**Work required**. Find the lines of the listing that contain the string "inner", and return them.

##### The data #####

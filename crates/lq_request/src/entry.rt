ghost use Rattle.std.specs.Prelude.{◌≡◌, ◌==◌, ◌<◌, All, [], ◌∷◌, ◌++◌, IfOk, IfSome, OnErr, OnOk};
ghost use Rattle.std.specs.Prelude.{length, map};
ghost use Rattle.lq_filter.specs.declared.header.Header.TheVariants as header;
ghost use Rattle.lq_filter.specs.Trees.{height};
ghost use Rattle.lq_request.specs.Filters.{earlier};
ghost use Rattle.lq_request.specs.Reading.{Finds, Leaves};
ghost use Rattle.lq_request.specs.Stats.{IsAggregate, IsEntry, IsStat, headers_of_counts};
ghost use Rattle.lq_request.specs.Stats.{entry_of_draft};
ghost use Rattle.lq_request.specs.Stats.{last_counted, with_joined, with_negated};

use crate::header_err::HeaderErr;
use crate::reason::Reason;
use lq_filter::{Filter, Stack, StackErr, Test};
use lq_records::{Items, Memory, Text};
use lq_schema::Col;
use lq_stats::StatKind;
use std::alloc::Global;
use std::collections::VecDeque;
use std::marker::Model;

/// One entry of a query's statistics.
#[derive(Drop)]
pub enum StatEntry {
    /// How many rows this filter chooses of those that the query's filter chooses. It is one test,
    /// or the filters that one `StatsAnd`, `StatsOr` or `StatsNegate` makes one.
    Count(Filter),
    /// What the column's numbers give together. The kind is never `Count`, and the column has
    /// numbers.
    Over(StatKind, Col),
}

/// An entry as far as it is read: later lines may join it with others.
#[derive(Drop)]
pub enum StatDraft {
    /// How many rows a filter chooses, by its headers.
    Count(Stack),
    /// What the column's numbers give together.
    Over(StatKind, Col),
}

impl StatDraft {
    /// The entry of a query that is read whole.
    fn finish(self) -> Result<StatEntry, Memory>
        ensures { IfOk result (λ entry. entry ≡ entry_of_draft self) }
    {
        match self {
            StatDraft::Count(stack) => Ok(StatEntry::Count(stack.finish()?)),
            StatDraft::Over(kind, column) => Ok(StatEntry::Over(kind, column)),
        }
    }
}

/// The entries of a query as far as it is read. Contracts see them as their list.
#[derive(Drop)]
pub struct Entries {
    inner: VecDeque<StatDraft>,
}

impl Model for Entries {
    ghost use Rattle.std.specs.Prelude.{All, List};
    ghost use Rattle.lq_request.specs.Stats.{IsEntry};
    ghost use Rattle.lq_request.specs.declared.entry.StatDraft.{StatDraft};

    ghost Value = { List StatDraft };

    ghost view = { λ entries. entries.inner.items };

    ghost invariant = { λ entries. All IsEntry entries.inner.items };
}

impl Entries {
    /// No entries. It takes no memory.
    pub fn new(alloc: Global) -> Self
        ensures { result ≡ [] }
    {
        Entries {
            inner: VecDeque::new(alloc),
        }
    }

    /// Whether there is no entry.
    pub fn is_empty(&self) -> bool
        ensures { result ≡ (length self.now == 0) }
    {
        self.inner.is_empty()
    }

    /// Adds an entry that counts the rows of a test. The only error is out of memory, and then the
    /// entries stay as they were.
    pub fn push_test(&mut self, alloc: Global, test: Test) -> Result<(), Memory>
        ensures ok { OnOk result (self.new
            ≡ self.old ++ StatDraft.Count (header.Test test ∷ []) ∷ []) }
        ensures err { OnErr result (self.new ≡ self.old) }
    {
        let mut stack = Stack::new(alloc);
        stack.push(test)?;
        self.push_stack(stack)
    }

    /// Adds an aggregate of a column. The only error is out of memory, and then the entries stay as
    /// they were.
    pub fn push_over(&mut self, kind: StatKind, column: Col) -> Result<(), Memory>
        requires { IsAggregate kind column }
        ensures ok { OnOk result (self.new ≡ self.old ++ StatDraft.Over kind column ∷ []) }
        ensures err { OnErr result (self.new ≡ self.old) }
    {
        self.inner.push_back(StatDraft::Over(kind, column))?;
        Ok(())
    }

    /// Makes the last entries one that counts: where `any`, one of their filters is enough, else
    /// all have to hold. The header with this name asks for it. On an error nothing is said of the
    /// entries, since the query is given up.
    pub fn join(
        &mut self,
        alloc: Global,
        name: &str,
        any: bool,
        count: u64,
    ) -> Result<(), HeaderErr>
        ensures { Leaves result self.new (with_joined name.now any self.old count) }
    {
        let mut stack = self.cut_off(alloc, name, count)?;
        match stack.join(count, any) {
            Ok(()) => Ok(self.push_stack(stack)?),
            Err(StackErr::TooShort) => unreachable!(),
            Err(StackErr::Memory) => Err(HeaderErr::Memory),
        }
    }

    /// Makes the last entry count the rows that it doesn't. The header with this name asks for it.
    /// On an error nothing is said of the entries.
    pub fn negate(&mut self, alloc: Global, name: &str) -> Result<(), HeaderErr>
        ensures { Leaves result self.new (with_negated name.now self.old) }
    {
        let mut stack = self.cut_off(alloc, name, 1)?;
        match stack.negate() {
            Ok(()) => Ok(self.push_stack(stack)?),
            Err(StackErr::TooShort) => unreachable!(),
            Err(StackErr::Memory) => Err(HeaderErr::Memory),
        }
    }

    /// Cuts the last so many entries off, and gives the headers of their filters.
    fn cut_off(&mut self, alloc: Global, name: &str, count: u64) -> Result<Stack, HeaderErr>
        ensures headers { Finds result (last_counted name.now self.old count) }
        ensures left { OnOk result (self.new ≡ earlier self.old count) }
        ensures trees { IfOk result (λ headers. height headers ≡ count) }
        ensures some { OnOk result (0 < count) }
    {
        if count == 0 || count > self.inner.len() as u64 {
            return Err(HeaderErr::Refused(Reason::StackTooShort(Text::new(alloc, name)?)));
        }
        let latest = self.inner.split_off(self.inner.len() - count as usize)?;
        match headers_of_counts(alloc, latest)? {
            Some(stack) => Ok(stack),
            None => Err(HeaderErr::Refused(Reason::AggregateIn(Text::new(alloc, name)?))),
        }
    }

    /// Adds an entry that counts the rows of a filter of one tree.
    fn push_stack(&mut self, stack: Stack) -> Result<(), Memory>
        requires { height stack ≡ 1 }
        ensures ok { OnOk result (self.new ≡ self.old ++ StatDraft.Count stack ∷ []) }
        ensures err { OnErr result (self.new ≡ self.old) }
    {
        self.inner.push_back(StatDraft::Count(stack))?;
        Ok(())
    }

    /// The entries of a query that is read whole.
    pub fn finish(self, alloc: Global) -> Result<Items<StatEntry>, Memory>
        ensures same { IfOk result (λ stats. stats ≡ map entry_of_draft self) }
        ensures each { IfOk result (All IsStat) }
    {
        let mut rest = self.inner;
        let mut stats = Items::default();
        'entries: while let Some(entry) = rest.pop_front() {
            stats.push(alloc, entry.finish()?)?;
        }
        Ok(stats)
    }
}

/// The headers of entries, one after the other. None where one of them is an aggregate.
fn headers_of_counts(alloc: Global, entries: VecDeque<StatDraft>) -> Result<Option<Stack>, Memory>
    requires { All IsEntry entries.items }
    ensures headers { IfOk result (λ headers. headers ≡ headers_of_counts entries.items) }
    ensures trees { IfOk result (λ headers. IfSome headers
        (λ headers. height headers ≡ length entries.items)) }
{
    let mut rest = entries;
    let mut headers = Stack::new(alloc);
    'entries: while let Some(entry) = rest.pop_front() {
        match entry {
            StatDraft::Count(stack) => headers.append(stack)?,
            StatDraft::Over(_, _) => return Ok(None),
        }
    }
    Ok(Some(headers))
}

#####

**Expected answer**.
    inner: VecDeque<StatDraft>,
    ghost view = { λ entries. entries.inner.items };
    ghost invariant = { λ entries. All IsEntry entries.inner.items };
            inner: VecDeque::new(alloc),
        self.inner.is_empty()
        self.inner.push_back(StatDraft::Over(kind, column))?;
        if count == 0 || count > self.inner.len() as u64 {
        let latest = self.inner.split_off(self.inner.len() - count as usize)?;
        self.inner.push_back(StatDraft::Count(stack))?;
        let mut rest = self.inner;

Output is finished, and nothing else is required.